Showing it's a stopping time: I want to show that for all $r$, $\{\omega \in \Omega:\tau(\omega) \leq r \} \in \mathcal{F}_r$. I have that: $$\{\omega \in \Omega:\tau(\omega) \leq r \} = \{\omega: s\mathbb{1}_A(\omega) + t \mathbb{1}_{A^c}(\omega) \leq r\} =\{\omega \in A: s \leq r\} \cup \{w \in A^c: t \leq r\}$$ I interpret $\{\omega \in A: s \leq r\}$ is to be the set $A$ if $r\geq s$, and I guess the empty set otherwise? But I don't really understand.
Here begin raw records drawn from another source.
//! What the tests share.

use std::alloc::Global;
use std::fmt::Debug;
use std::process::Abort;
use std::random::RandomSource;
use std::sync::Wait;
use std::thread::Threads;
use std::time::Clock;
use yp_stage::{DiskCalls, Row, try_disk, try_row};

/// Runs rows, and ends the test at the first of which something else comes.
pub fn try_rows<R: Threads + Wait + RandomSource + Clock + Abort + Sync>(
    rt: &R,
    alloc: Global,
    rows: &[Row],
) {
    for row in rows {
        try_row(alloc, rt, row).expect(rt, row.name);
    }
}

/// The bytes of texts of hexadecimal words, as `8000004c 00000001`.
pub fn bytes<R: Abort>(rt: &R, alloc: Global, texts: &[&str]) -> Vec<u8> {
    yp_for_tests::bytes(alloc, texts).expect(rt, "hexadecimal words")
}

/// Ends the test where what came isn't what is wanted, and tells of which row.
pub fn assert_same<R: Abort, T: PartialEq + Debug>(rt: &R, came: &T, wanted: &T, row: &str) {
    assert!(rt; came == wanted, "{row}: {came:?} came, not {wanted:?}");
}

/// The same with calls of a disk that fail.
pub fn try_disks<R: Threads + Wait + RandomSource + Clock + Abort + Sync>(
    rt: &R,
    alloc: Global,
    disks: &[DiskCalls],
) {
    for calls in disks {
        try_disk(alloc, rt, calls).expect(rt, calls.row.name);
    }
}
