//! Netgroups by users and by hosts that a session makes by their name: of the netgroups that are shown, as revnet makes
//! them of those that stand.

use crate::given::try_rows;
use crate::storing::source::{
    BY_USER_FILE, HOSTS_FILE, LAST_ORDER_FILE, NETGROUP_FILE, SECURE_FILE,
};
use yp_stage::{FAIR, Row, Words};

/// The map of the users, the netgroups behind it, and a caller on the own host.
const USERS: Words = &[
    "session",
    "m1",
    "127.0.0.1:40000",
    "lab/netgroup.byuser",
    "lab/netgroup",
];

/// The making of the netgroups by users by their name, number 1, and that by hosts.
const MAKE_USERS: &str = "80000044 00000001 00000000 00000002 20004e49 00000001 00000002
    00000000 00000000 00000000 00000000
    00000003 6c616200 0000000f 6e657467 726f7570 2e627975 73657200";

const MAKE_HOSTS: &str = "80000044 00000001 00000000 00000002 20004e49 00000001 00000002
    00000000 00000000 00000000 00000000
    00000003 6c616200 0000000f 6e657467 726f7570 2e627968 6f737400";

/// MATCH of `joe.*` in the netgroups by users, number 2.
const MATCH_JOE: &str = "80000050 00000002 00000000 00000002 000186a4 00000002 00000003
    00000000 00000000 00000000 00000000
    00000003 6c616200 0000000f 6e657467 726f7570 2e627975 73657200 00000005 6a6f652e 2a000000";

/// Replies of the make program to call 1: SUCC, AGE, NOMAP and REFUSED.
const MADE: &str = "8000001c 00000001 00000001 00000000 00000000 00000000 00000000 00000001";

const AGED: &str = "8000001c 00000001 00000001 00000000 00000000 00000000 00000000 00000002";

const NO_NETGROUPS: &str =
    "8000001c 00000001 00000001 00000000 00000000 00000000 00000000 ffffffff";

const REFUSED: &str = "8000001c 00000001 00000001 00000000 00000000 00000000 00000000 fffffff2";

/// Replies to MATCH: the groups of `joe`, and no such map.
const GROUPS: &str = "80000024 00000002 00000001 00000000 00000000 00000000 00000000
    00000001 00000003 612c6200";

const UNSHOWN: &str =
    "80000020 00000002 00000001 00000000 00000000 00000000 00000000 ffffffff 00000000";

/// Made, then matched. The groups name each other in a circle, and there is no text.
const FIRST: Row = Row {
    name: "users, then match",
    words: USERS,
    input: &[MAKE_USERS, MATCH_JOE],
    other: NETGROUP_FILE,
    replies: &[MADE, GROUPS],
    stands: Some((500, 1, false)),
    left: BY_USER_FILE,
    ..FAIR
};

/// Nothing is made.
const UNMADE: Row = Row {
    name: "for another host",
    words: &[
        "session",
        "m1",
        "10.0.0.9:700",
        "lab/netgroup.byuser",
        "lab/netgroup",
    ],
    replies: &[REFUSED, UNSHOWN],
    stands: None,
    left: &[],
    ..FIRST
};

static ROWS: [Row; 9] = [
    FIRST,
    UNMADE,
    Row {
        name: "no hosts",
        words: &[
            "session",
            "m1",
            "127.0.0.1:40000",
            "lab/netgroup.byhost",
            "lab/netgroup",
        ],
        input: &[MAKE_HOSTS],
        replies: &[MADE],
        stands: Some((500, 0, false)),
        torn: true,
        ..FIRST
    },
    Row {
        name: "behind a secure version",
        file: SECURE_FILE,
        input: &[MAKE_USERS],
        replies: &[MADE],
        stands: Some((500, 1, true)),
        torn: true,
        ..FIRST
    },
    Row {
        name: "nothing is shown of the netgroups, whatever their text is",
        words: USERS,
        other: &[],
        sources: &[("netgroup", "a (-,joe,)\n"), ("netgroup.byuser", "a b\n")],
        replies: &[NO_NETGROUPS, UNSHOWN],
        ..UNMADE
    },
    Row {
        name: "the netgroups aren't served",
        words: &["session", "m1", "127.0.0.1:40000", "lab/netgroup.byuser"],
        other: &[],
        replies: &[NO_NETGROUPS, UNSHOWN],
        ..UNMADE
    },
    Row {
        name: "the netgroups are another domain's",
        words: &[
            "session",
            "m1",
            "127.0.0.1:40000",
            "lab/netgroup.byuser",
            "lan/netgroup",
        ],
        replies: &[NO_NETGROUPS, UNSHOWN],
        ..UNMADE
    },
    Row {
        name: "another master, before netgroups that aren't shown",
        words: &[
            "session",
            "m2",
            "127.0.0.1:40000",
            "lab/netgroup.byuser",
            "lab/netgroup",
        ],
        input: &[MAKE_USERS],
        file: HOSTS_FILE,
        other: &[],
        replies: &[REFUSED],
        stands: Some((100, 1, false)),
        left: HOSTS_FILE,
        ..UNMADE
    },
    Row {
        name: "a spent order",
        words: USERS,
        input: &[MAKE_USERS],
        file: LAST_ORDER_FILE,
        replies: &[AGED],
        stands: Some((4_294_967_295, 1, false)),
        left: LAST_ORDER_FILE,
        ..UNMADE
    },
];

#[test]
fn netgroups_made_by_name(rt: HostRuntime) {
    try_rows(&rt, rt.alloc(), &ROWS);
}
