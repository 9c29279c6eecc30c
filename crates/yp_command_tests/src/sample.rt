//! `sample` over memory. A row takes 24 bytes of the stored body, behind 24 bytes of its head, and 32 bytes of the
//! reply to ALL, behind 24 bytes of its head and before 4 bytes of its end.

use crate::given::try_rows;
use yp_stage::{FAIR, Row};

/// Writes take ten bytes at most.
const ONE: Row = Row {
    name: "one row",
    words: &["sample", "0", "1"],
    write: 10,
    output: "rows 1 body 48 all 60 matched 1\n",
    ..FAIR
};

/// The start and the count, and the line that comes.
static LINES: [Row; 5] = [
    ONE,
    Row {
        name: "no row",
        words: &["sample", "0", "0"],
        output: "rows 0 body 24 all 28 matched 0\n",
        ..ONE
    },
    Row {
        name: "three rows",
        words: &["sample", "0", "3"],
        output: "rows 3 body 96 all 124 matched 3\n",
        ..ONE
    },
    Row {
        name: "three rows from the last number",
        words: &["sample", "4294967295", "3"],
        output: "rows 3 body 96 all 124 matched 3\n",
        ..ONE
    },
    Row {
        name: "a thousand rows",
        words: &["sample", "0", "1000"],
        output: "rows 1000 body 24024 all 32028 matched 1000\n",
        ..ONE
    },
];

#[test]
fn numbers_told(rt: HostRuntime) {
    try_rows(&rt, rt.alloc(), &LINES);
}

const UNWRITTEN: Row = Row {
    name: "the first write fails",
    writes: 0,
    code: 4,
    cut: 0,
    note: "yp: write fault\n",
    ..ONE
};

/// The line of one row takes four writes, and a flush. Where one of them fails, so much of the line is there.
static FAULTS: [Row; 6] = [
    UNWRITTEN,
    Row {
        name: "the second write fails",
        writes: 1,
        cut: 10,
        ..UNWRITTEN
    },
    Row {
        name: "the third write fails",
        writes: 2,
        cut: 20,
        ..UNWRITTEN
    },
    Row {
        name: "the fourth write fails",
        writes: 3,
        cut: 30,
        ..UNWRITTEN
    },
    Row {
        name: "the flush fails",
        writes: 4,
        cut: 32,
        ..UNWRITTEN
    },
    Row {
        name: "no note",
        notes: 0,
        note: "",
        ..UNWRITTEN
    },
];

#[test]
fn each_call_of_the_output_fails(rt: HostRuntime) {
    try_rows(&rt, rt.alloc(), &FAULTS);
}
However, using this interpretation:
Since $A \in \mathcal{F}_S$, if $s \leq r$, then $A \in \mathcal{F}_s \subset \mathcal{F}_r$ so $\{\omega \in A: s \leq r\} \in \mathcal{F}_r$. Also, since $s <t, A^c \in \mathcal{F}_s \subset \mathcal{F}_t$, so $\{\omega \in A^c:t \leq r\}\in \mathcal{F}_r$. $\mathcal{F}_r$ is closed under countable unions, so $$\{\omega \in \Omega:\tau(\omega) \leq r \} = \{\omega \in A: s \leq r\} \cup \{w \in A^c: t \leq r\} \in \mathcal{F}_r$$
For proving the second part, I'm confused about what $X_\tau$ means. How do we make sense of a random variable indexed by a stopping time?
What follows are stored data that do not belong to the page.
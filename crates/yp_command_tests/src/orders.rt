//! `orders` over wires in memory: what servers say is written out by hand, from RFC 5531 and yp.x; and each call
//! outside that fails in turn.

use crate::given::try_rows;
use std::alloc::Global;
use std::process::Abort;
use std::random::RandomSource;
use std::sync::Wait;
use std::thread::Threads;
use std::time::Clock;
use yp_stage::{FAIR, Row, try_reads, try_row, try_writes};

/// The first server has the map `hosts.byname` of the master `m1`, of order 100: its replies to MAPLIST, to MASTER and
/// to ORDER.
const MAPS: &str = "80000034 00000001 00000001 00000000 00000000 00000000 00000000 00000001
    00000001 0000000c 686f7374 732e6279 6e616d65 00000000";

const MASTER: &str =
    "80000024 00000002 00000001 00000000 00000000 00000000 00000000 00000001 00000002 6d310000";

const ORDER: &str =
    "80000020 00000003 00000001 00000000 00000000 00000000 00000000 00000001 00000064";

/// The replies to ORDER of the second server: the same order, another one, and YP_NOMAP.
const SAME: &str =
    "80000020 00000001 00000001 00000000 00000000 00000000 00000000 00000001 00000064";

const OTHER: &str =
    "80000020 00000001 00000001 00000000 00000000 00000000 00000000 00000001 00000065";

const NONE: &str =
    "80000020 00000001 00000001 00000000 00000000 00000000 00000000 ffffffff 00000000";

/// Both servers are asked. The calls to the first take 52, 68 and 68 bytes.
const LEVEL: Row = Row {
    name: "the same orders",
    words: &["orders", "10.0.0.1:834", "10.0.0.2:834", "lab"],
    wire: &[MAPS, MASTER, ORDER],
    second_wire: &[SAME],
    output: "hosts.byname m1 100 100\n",
    wires: 2,
    asked: 188,
    ..FAIR
};

/// No line is printed, and the second server isn't asked.
const REFUSED: Row = Row {
    output: "",
    wires: 1,
    asked: 0,
    ..LEVEL
};

static ROWS: [Row; 9] = [
    LEVEL,
    Row {
        name: "another order",
        second_wire: &[OTHER],
        code: 1,
        output: "hosts.byname m1 100 101\n",
        ..LEVEL
    },
    Row {
        name: "no order",
        second_wire: &[NONE],
        code: 1,
        output: "hosts.byname m1 100 none\n",
        ..LEVEL
    },
    Row {
        name: "one server",
        words: &["orders", "10.0.0.1:834", "lab"],
        output: "hosts.byname m1 100\n",
        wires: 1,
        ..LEVEL
    },
    Row {
        name: "no such domain",
        wire: &["80000020 00000001 00000001 00000000 00000000 00000000 00000000 fffffffe 00000000"],
        code: 11,
        note: "yp: server says -2\n",
        ..REFUSED
    },
    Row {
        name: "a master that isn't said",
        wire: &[
            MAPS,
            "80000020 00000002 00000001 00000000 00000000 00000000 00000000 ffffffff 00000000",
        ],
        code: 11,
        note: "yp: server says -1\n",
        ..REFUSED
    },
    Row {
        name: "an order that is refused",
        wire: &[
            MAPS,
            MASTER,
            "80000014 00000003 00000001 00000001 00000001 00000002",
        ],
        code: 12,
        note: "yp: refused by rpc\n",
        ..REFUSED
    },
    Row {
        name: "a reply to another call",
        second_wire: &[ORDER],
        code: 14,
        note: "yp: wrong xid 3 wanted 1\n",
        wires: 2,
        ..REFUSED
    },
    Row {
        name: "no reply of the second server",
        second_wire: &[],
        code: 5,
        note: "yp: torn record at 0\n",
        wires: 2,
        ..REFUSED
    },
];

#[test]
fn orders_of_servers(rt: HostRuntime) {
    try_rows(&rt, rt.alloc(), &ROWS);
}

/// No dial, and no second one.
static UNDIALED: [Row; 2] = [
    Row {
        name: "no dial",
        dials: 0,
        code: 15,
        note: "yp: cannot dial\n",
        wires: 0,
        ..REFUSED
    },
    Row {
        name: "no second dial",
        dials: 1,
        code: 15,
        note: "yp: cannot dial\n",
        ..REFUSED
    },
];

/// Each call of the first wire fails in turn: a call takes a write and a flush, its reply a read of the head and one of
/// the body. Then the text, which takes a write and a flush.
fn try_calls<R: Threads + Wait + RandomSource + Clock + Abort + Sync>(rt: &R, alloc: Global) {
    let no_read = Row {
        code: 3,
        note: "yp: read fault\n",
        ..REFUSED
    };
    try_reads(alloc, rt, &no_read, 6, &[]).expect(rt, "a read");
    let no_write = Row {
        code: 4,
        note: "yp: write fault\n",
        ..REFUSED
    };
    try_writes(alloc, rt, &no_write, 6, &[]).expect(rt, "a write");
    let no_text = Row {
        writes: 0,
        code: 4,
        cut: 0,
        note: "yp: write fault\n",
        ..LEVEL
    };
    try_row(alloc, rt, &no_text).expect(rt, "the text");
    let no_flush = Row {
        writes: 1,
        code: 4,
        note: "yp: write fault\n",
        ..LEVEL
    };
    try_row(alloc, rt, &no_flush).expect(rt, "the flush");
}

#[test]
fn each_call_of_orders_fails(rt: HostRuntime) {
    try_rows(&rt, rt.alloc(), &UNDIALED);
    try_calls(&rt, rt.alloc());
}
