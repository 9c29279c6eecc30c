//! `build`, `load`, `check`, `dump`, `xfr` and `revnet` over memory: calls that fail, crashes, moments, and sources
//! that lie.

mod build;
mod check;
mod dump;
mod faults;
mod load;
mod reverses;
pub mod source;
mod transfers;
Any help or hints would be appreciated!
Your argument for the first part is perfect. You have proved that $\tau$ is a stopping time. $X_\tau$ is defined by $X_\tau (\omega)=X_{\tau (\omega)} (\omega)$. Noting that $\tau (\omega) =s$ if $\omega \in A$ and $\tau (\omega) =t$ if $\omega \in A^{c}$ the equation $EX_\tau =EX_0$ can be written as $EX_s I_A+EX_t I_{A^{c}}=EX_0$. If this holds for all choices of $s,t,A$ we can take $A=\Omega$ to get $EX_s=EX_0$. We can now write $EX_s I_A+EX_t I_{A^{c}}=EX_s$. By transferring the first term to the right we can write $EX_t I_{A^{c}}=EX_s-EX_sI_A=EX_sI_{A^{c}}$. This holds for all $A \in \mathcal F_s$ and we can replace $A$ by $A^{c}$. What you get is exactly the definition of a martingale. For the converse part simply go backwards in this argument.